*TASK REQUIREMENTS*:
The required output is the exact run of lines below that opens at the line with "if bad_directive(alloc, &bytes)?.is_none()" and closes at the line with "let name = world.files().full_path(place)?;".

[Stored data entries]
== Segment start ==

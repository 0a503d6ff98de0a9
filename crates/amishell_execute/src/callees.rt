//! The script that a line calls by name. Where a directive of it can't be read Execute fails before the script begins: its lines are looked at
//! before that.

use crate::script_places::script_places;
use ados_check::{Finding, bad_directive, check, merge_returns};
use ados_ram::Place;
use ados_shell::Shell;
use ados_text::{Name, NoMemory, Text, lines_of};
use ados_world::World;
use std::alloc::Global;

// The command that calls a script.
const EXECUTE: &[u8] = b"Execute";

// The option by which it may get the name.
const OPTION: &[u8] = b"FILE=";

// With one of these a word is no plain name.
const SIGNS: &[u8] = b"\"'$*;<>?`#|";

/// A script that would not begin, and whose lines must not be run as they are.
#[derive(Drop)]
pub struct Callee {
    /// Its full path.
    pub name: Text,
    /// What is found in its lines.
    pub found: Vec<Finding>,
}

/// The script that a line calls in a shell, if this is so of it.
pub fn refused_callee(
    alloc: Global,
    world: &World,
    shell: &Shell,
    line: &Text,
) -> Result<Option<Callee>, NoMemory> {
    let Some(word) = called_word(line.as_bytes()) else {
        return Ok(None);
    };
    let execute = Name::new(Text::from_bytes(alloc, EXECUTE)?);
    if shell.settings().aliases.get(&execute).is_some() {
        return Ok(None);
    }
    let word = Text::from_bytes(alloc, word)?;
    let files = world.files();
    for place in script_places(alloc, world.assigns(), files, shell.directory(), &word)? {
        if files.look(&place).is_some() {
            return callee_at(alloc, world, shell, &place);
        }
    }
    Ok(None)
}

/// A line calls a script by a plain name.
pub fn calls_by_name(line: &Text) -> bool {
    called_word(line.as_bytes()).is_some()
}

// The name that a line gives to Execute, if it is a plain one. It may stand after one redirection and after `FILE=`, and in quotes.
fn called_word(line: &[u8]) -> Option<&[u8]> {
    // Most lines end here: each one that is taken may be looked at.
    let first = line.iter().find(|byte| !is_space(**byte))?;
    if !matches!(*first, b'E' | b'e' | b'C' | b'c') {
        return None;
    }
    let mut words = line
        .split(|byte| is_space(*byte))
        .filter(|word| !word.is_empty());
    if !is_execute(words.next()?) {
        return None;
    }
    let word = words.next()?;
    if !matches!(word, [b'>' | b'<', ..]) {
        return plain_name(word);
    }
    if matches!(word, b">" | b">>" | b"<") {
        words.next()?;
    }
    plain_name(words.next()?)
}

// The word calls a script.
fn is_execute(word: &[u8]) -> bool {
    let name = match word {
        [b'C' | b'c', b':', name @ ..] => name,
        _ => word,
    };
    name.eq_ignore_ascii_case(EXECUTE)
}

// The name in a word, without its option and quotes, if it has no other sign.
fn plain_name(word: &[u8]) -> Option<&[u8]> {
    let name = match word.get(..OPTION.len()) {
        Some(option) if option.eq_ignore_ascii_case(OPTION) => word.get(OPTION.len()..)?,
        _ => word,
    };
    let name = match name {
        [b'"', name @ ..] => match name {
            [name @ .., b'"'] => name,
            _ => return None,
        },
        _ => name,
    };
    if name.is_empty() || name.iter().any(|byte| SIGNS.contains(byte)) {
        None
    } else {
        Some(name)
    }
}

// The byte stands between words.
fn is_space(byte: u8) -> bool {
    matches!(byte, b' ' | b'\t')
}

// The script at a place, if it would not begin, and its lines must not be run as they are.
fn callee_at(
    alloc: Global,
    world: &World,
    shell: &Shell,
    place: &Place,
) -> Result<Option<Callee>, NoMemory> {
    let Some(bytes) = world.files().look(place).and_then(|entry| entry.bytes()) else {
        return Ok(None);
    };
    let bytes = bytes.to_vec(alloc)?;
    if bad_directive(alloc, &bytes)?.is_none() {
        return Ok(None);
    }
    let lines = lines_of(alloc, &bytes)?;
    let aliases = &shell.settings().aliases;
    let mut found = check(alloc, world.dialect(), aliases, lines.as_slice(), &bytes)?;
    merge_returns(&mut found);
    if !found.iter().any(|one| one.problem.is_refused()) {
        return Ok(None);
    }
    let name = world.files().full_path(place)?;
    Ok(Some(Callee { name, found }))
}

== Segment end ==
== Segment start ==

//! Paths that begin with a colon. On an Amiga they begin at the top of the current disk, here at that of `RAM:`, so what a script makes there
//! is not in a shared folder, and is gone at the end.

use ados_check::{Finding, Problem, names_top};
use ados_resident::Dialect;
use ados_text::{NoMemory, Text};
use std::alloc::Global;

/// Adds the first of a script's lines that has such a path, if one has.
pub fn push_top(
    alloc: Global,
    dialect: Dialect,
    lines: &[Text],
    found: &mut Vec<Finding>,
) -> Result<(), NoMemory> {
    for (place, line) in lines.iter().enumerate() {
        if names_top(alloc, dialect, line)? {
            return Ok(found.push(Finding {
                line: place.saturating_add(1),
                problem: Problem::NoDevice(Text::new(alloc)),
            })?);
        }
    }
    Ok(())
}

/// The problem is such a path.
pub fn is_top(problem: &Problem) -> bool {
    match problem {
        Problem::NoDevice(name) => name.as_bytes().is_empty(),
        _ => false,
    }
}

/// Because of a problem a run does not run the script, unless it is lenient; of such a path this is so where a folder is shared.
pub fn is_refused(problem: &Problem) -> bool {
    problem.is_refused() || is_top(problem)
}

== Segment end ==
== Segment start ==

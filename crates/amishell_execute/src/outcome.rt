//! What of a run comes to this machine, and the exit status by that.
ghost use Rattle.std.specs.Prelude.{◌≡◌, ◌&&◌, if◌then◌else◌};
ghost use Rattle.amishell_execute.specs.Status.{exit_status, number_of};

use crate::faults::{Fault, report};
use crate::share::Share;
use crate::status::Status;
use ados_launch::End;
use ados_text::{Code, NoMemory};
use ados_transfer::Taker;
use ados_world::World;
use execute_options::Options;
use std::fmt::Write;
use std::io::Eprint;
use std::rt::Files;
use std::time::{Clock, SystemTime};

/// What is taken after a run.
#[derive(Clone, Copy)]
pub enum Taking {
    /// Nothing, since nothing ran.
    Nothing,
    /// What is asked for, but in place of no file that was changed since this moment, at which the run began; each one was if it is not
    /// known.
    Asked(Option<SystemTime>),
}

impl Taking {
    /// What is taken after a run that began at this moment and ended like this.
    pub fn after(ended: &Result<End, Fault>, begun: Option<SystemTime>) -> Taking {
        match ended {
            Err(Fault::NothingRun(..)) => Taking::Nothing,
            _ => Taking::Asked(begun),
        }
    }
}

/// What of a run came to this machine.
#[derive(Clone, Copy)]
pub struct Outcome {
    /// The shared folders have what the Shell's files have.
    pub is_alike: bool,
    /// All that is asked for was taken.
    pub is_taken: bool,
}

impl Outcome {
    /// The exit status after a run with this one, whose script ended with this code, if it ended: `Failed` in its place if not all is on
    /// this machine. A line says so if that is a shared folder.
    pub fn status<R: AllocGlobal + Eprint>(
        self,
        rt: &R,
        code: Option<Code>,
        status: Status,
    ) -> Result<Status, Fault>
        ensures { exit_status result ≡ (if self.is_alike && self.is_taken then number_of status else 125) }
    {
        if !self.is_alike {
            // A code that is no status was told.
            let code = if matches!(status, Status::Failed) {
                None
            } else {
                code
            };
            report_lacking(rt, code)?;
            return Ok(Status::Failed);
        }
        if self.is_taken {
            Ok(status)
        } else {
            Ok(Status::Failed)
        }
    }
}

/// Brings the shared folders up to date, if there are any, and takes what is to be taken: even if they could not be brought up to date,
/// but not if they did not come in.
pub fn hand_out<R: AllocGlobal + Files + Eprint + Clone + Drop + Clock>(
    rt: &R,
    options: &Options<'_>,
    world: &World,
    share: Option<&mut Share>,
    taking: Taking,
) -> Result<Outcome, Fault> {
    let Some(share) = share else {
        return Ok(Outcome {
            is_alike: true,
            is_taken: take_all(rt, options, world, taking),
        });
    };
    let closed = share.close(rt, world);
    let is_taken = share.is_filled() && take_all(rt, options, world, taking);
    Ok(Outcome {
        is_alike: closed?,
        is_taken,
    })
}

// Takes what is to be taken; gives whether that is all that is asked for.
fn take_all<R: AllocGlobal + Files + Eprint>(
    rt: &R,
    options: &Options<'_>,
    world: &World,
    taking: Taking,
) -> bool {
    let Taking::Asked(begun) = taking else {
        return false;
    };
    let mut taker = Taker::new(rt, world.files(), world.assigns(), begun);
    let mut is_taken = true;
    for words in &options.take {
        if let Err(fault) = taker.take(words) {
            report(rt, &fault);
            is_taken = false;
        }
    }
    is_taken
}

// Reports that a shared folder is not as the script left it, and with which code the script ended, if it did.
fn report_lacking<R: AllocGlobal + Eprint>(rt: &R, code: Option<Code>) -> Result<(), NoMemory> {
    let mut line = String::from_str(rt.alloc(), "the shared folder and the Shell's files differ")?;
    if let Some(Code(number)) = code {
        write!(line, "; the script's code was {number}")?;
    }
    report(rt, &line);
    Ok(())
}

== Segment end ==

*ANSWER TO THIS EXERCISE*:
    if bad_directive(alloc, &bytes)?.is_none() {
        return Ok(None);
    }
    let lines = lines_of(alloc, &bytes)?;
    let aliases = &shell.settings().aliases;
    let mut found = check(alloc, world.dialect(), aliases, lines.as_slice(), &bytes)?;
    merge_returns(&mut found);
    if !found.iter().any(|one| one.problem.is_refused()) {
        return Ok(None);
    }
    let name = world.files().full_path(place)?;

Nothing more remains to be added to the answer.